## EXERCISE PROMPT:
Below this line is a set of entries; quote exactly the lines from the line that contains "and keys everywhere." to the line that contains "rule; its key |", both lines included.

## DATA FOR PROCESSING:

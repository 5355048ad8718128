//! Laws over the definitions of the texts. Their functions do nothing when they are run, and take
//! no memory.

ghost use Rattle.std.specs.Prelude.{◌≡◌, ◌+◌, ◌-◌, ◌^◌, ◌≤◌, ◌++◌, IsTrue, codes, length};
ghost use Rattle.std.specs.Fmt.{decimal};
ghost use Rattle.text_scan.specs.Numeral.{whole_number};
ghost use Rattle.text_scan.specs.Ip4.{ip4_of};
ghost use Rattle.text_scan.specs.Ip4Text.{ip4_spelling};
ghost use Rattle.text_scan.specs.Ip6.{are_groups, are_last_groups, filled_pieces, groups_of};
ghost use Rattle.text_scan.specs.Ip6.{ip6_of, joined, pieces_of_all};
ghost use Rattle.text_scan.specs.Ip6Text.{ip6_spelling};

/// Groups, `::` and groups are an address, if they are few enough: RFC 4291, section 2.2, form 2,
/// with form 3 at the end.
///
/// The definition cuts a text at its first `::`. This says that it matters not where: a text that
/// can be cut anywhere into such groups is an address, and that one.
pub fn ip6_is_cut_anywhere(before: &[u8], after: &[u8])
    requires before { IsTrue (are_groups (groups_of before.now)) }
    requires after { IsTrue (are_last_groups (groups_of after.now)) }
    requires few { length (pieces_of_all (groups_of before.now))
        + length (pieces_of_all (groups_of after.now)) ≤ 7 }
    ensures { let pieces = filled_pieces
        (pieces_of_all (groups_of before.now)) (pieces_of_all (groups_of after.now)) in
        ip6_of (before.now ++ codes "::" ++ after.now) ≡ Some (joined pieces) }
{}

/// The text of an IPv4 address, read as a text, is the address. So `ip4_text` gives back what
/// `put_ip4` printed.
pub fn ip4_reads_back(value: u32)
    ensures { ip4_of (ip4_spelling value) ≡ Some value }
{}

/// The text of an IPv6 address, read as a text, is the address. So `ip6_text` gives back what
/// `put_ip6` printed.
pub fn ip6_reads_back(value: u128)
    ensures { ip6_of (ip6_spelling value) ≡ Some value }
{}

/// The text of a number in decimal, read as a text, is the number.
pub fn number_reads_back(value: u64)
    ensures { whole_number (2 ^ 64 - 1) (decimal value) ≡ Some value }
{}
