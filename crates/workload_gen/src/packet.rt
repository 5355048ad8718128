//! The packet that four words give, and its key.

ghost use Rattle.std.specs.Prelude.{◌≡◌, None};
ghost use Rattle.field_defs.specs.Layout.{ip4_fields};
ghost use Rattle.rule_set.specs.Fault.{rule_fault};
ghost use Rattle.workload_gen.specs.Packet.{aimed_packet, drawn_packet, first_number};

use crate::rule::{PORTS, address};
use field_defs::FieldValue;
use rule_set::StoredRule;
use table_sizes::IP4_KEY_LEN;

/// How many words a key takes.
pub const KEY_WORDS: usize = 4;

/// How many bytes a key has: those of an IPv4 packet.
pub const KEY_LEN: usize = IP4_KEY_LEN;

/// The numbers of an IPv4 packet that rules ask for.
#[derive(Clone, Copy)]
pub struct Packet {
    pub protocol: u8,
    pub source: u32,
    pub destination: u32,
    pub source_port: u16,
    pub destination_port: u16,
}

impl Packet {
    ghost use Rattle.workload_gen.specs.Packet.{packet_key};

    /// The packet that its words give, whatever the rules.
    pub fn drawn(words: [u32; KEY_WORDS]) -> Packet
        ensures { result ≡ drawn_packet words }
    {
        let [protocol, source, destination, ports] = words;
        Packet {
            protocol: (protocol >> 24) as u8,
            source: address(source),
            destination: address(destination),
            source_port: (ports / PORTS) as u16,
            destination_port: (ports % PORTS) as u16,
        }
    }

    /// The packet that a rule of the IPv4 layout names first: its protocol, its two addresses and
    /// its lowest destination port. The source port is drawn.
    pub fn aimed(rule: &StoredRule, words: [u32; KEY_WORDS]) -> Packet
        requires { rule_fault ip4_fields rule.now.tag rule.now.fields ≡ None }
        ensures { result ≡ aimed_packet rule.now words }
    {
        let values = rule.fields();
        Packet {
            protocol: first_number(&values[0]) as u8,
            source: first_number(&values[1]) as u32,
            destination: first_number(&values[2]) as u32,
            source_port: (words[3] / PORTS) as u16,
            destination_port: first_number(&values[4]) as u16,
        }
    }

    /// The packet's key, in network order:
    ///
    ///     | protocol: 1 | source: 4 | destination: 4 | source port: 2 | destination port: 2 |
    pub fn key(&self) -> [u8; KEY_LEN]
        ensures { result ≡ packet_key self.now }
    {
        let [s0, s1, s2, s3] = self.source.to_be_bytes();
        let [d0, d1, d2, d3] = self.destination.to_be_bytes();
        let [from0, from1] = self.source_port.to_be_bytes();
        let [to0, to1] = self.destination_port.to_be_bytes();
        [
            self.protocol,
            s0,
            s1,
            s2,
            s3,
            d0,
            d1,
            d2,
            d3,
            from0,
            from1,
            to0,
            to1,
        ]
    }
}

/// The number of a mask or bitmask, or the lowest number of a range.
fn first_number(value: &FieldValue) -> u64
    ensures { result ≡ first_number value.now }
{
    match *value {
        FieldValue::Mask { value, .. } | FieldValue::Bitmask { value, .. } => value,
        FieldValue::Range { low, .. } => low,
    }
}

* * *

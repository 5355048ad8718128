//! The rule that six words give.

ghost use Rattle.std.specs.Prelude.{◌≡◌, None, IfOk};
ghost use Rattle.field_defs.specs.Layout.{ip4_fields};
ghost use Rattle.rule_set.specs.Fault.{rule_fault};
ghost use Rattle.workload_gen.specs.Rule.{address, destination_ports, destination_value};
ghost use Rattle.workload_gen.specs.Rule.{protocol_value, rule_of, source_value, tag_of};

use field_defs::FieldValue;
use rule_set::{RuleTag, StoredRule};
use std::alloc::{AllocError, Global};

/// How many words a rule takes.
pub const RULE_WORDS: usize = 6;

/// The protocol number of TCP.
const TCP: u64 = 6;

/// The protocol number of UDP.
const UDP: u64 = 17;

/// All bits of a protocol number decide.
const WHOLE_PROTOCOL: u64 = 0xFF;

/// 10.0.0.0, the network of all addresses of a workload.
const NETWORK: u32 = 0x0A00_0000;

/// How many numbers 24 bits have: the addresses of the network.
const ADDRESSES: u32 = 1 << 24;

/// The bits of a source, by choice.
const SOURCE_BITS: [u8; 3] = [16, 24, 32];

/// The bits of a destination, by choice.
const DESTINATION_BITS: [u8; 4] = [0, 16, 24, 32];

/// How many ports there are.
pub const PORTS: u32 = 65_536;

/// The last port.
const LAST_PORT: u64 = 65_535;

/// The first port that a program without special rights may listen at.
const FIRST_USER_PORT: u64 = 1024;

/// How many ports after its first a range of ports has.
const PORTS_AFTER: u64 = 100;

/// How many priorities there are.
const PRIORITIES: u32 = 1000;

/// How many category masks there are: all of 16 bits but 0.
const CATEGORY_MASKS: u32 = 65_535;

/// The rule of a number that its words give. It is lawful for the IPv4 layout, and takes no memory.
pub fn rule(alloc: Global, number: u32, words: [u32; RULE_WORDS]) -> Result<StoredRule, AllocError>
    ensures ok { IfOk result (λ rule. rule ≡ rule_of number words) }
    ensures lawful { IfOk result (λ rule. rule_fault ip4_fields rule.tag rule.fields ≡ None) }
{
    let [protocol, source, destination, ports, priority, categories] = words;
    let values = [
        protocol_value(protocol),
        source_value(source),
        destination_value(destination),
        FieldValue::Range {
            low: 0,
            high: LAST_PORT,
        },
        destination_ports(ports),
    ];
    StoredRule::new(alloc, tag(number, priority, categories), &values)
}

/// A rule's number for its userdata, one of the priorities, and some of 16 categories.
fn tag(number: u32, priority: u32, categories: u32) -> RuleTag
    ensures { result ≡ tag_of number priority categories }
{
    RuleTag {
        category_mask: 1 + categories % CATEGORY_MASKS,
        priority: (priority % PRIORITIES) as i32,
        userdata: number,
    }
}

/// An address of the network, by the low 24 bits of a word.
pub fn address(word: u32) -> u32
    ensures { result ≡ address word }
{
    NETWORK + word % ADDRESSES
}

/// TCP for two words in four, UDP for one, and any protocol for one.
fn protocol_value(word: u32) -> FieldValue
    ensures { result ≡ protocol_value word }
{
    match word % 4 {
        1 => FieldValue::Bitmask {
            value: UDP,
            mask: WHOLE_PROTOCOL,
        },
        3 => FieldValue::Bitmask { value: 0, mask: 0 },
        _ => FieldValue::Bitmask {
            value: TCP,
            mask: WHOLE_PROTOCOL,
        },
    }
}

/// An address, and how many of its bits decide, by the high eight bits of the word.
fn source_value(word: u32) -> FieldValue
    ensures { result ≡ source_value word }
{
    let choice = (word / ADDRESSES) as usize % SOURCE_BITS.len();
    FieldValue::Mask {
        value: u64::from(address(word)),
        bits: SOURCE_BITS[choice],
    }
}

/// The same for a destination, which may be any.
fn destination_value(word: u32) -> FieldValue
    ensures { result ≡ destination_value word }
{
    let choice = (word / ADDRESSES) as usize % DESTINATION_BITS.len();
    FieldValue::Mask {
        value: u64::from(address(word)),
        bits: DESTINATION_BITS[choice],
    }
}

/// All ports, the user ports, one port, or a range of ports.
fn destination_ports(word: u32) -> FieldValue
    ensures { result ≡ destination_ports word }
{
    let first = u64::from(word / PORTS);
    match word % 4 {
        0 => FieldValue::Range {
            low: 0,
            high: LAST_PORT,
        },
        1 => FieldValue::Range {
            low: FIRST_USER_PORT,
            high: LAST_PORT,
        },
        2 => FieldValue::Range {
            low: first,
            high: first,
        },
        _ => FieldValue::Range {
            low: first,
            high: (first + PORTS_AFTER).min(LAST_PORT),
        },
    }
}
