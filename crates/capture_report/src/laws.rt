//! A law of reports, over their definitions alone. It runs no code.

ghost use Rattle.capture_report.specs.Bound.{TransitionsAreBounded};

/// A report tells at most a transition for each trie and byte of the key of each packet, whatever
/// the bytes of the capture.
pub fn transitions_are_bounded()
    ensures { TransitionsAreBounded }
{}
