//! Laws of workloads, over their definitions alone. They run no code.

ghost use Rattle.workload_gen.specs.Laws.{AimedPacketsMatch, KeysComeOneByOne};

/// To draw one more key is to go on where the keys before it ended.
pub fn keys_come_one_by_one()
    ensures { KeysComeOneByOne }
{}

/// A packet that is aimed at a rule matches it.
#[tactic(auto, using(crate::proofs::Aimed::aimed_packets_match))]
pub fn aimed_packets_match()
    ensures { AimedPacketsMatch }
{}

...

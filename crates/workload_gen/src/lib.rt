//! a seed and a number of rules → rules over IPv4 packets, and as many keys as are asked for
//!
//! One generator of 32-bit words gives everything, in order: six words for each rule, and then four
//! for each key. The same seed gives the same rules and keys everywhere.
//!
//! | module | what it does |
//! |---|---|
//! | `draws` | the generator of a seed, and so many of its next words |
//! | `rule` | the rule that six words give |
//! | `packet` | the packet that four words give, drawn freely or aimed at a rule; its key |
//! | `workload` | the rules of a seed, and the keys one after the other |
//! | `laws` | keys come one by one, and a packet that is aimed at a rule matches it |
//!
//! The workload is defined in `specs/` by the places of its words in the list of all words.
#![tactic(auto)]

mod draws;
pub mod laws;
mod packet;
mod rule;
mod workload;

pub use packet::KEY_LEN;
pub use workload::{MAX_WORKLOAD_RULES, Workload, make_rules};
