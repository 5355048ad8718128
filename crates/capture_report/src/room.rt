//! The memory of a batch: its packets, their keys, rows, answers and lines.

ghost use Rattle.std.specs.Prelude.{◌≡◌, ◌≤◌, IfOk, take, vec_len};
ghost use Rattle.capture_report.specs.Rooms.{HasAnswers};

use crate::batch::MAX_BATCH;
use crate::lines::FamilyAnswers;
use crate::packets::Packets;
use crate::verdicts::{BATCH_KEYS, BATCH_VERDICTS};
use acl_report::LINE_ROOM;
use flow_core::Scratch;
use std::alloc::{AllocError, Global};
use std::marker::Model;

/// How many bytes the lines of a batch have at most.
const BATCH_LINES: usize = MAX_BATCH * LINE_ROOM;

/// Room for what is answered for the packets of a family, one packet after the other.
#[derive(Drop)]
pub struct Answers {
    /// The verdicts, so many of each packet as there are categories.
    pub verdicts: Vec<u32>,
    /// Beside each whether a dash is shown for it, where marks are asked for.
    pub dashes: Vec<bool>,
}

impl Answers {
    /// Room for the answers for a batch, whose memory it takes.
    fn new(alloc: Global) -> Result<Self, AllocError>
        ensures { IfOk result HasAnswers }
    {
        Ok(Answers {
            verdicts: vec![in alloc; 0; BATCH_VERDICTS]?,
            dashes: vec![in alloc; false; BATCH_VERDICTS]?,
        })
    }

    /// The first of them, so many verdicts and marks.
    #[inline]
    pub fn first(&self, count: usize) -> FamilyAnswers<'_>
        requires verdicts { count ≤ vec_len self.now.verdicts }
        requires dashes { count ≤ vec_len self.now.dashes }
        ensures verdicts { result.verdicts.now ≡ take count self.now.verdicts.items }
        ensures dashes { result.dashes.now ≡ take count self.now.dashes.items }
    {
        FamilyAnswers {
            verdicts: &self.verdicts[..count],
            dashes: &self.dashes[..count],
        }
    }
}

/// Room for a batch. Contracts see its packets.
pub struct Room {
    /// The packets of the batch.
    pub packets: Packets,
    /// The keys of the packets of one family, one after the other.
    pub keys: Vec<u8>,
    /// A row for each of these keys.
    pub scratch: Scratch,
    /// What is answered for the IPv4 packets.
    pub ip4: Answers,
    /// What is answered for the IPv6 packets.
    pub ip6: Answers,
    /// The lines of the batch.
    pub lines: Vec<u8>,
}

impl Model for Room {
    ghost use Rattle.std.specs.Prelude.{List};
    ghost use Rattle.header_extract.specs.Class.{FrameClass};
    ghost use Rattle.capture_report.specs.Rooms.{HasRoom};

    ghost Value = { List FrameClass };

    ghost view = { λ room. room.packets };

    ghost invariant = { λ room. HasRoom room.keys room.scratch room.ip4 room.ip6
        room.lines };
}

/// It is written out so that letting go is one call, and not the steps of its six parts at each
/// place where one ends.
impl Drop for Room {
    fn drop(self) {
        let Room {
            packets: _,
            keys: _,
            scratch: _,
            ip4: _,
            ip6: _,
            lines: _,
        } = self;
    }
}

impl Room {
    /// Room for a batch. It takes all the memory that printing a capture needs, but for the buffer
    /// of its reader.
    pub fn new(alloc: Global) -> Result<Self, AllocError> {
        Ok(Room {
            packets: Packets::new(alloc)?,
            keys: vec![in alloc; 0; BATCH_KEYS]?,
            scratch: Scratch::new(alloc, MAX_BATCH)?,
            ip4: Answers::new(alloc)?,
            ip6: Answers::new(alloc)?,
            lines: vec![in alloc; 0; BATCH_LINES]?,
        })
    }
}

## SOLVED EXERCISE:
//! for each key. The same seed gives the same rules and keys everywhere.
//!
//! | module | what it does |
//! |---|---|
//! | `draws` | the generator of a seed, and so many of its next words |
//! | `rule` | the rule that six words give |
//! | `packet` | the packet that four words give, drawn freely or aimed at a rule; its key |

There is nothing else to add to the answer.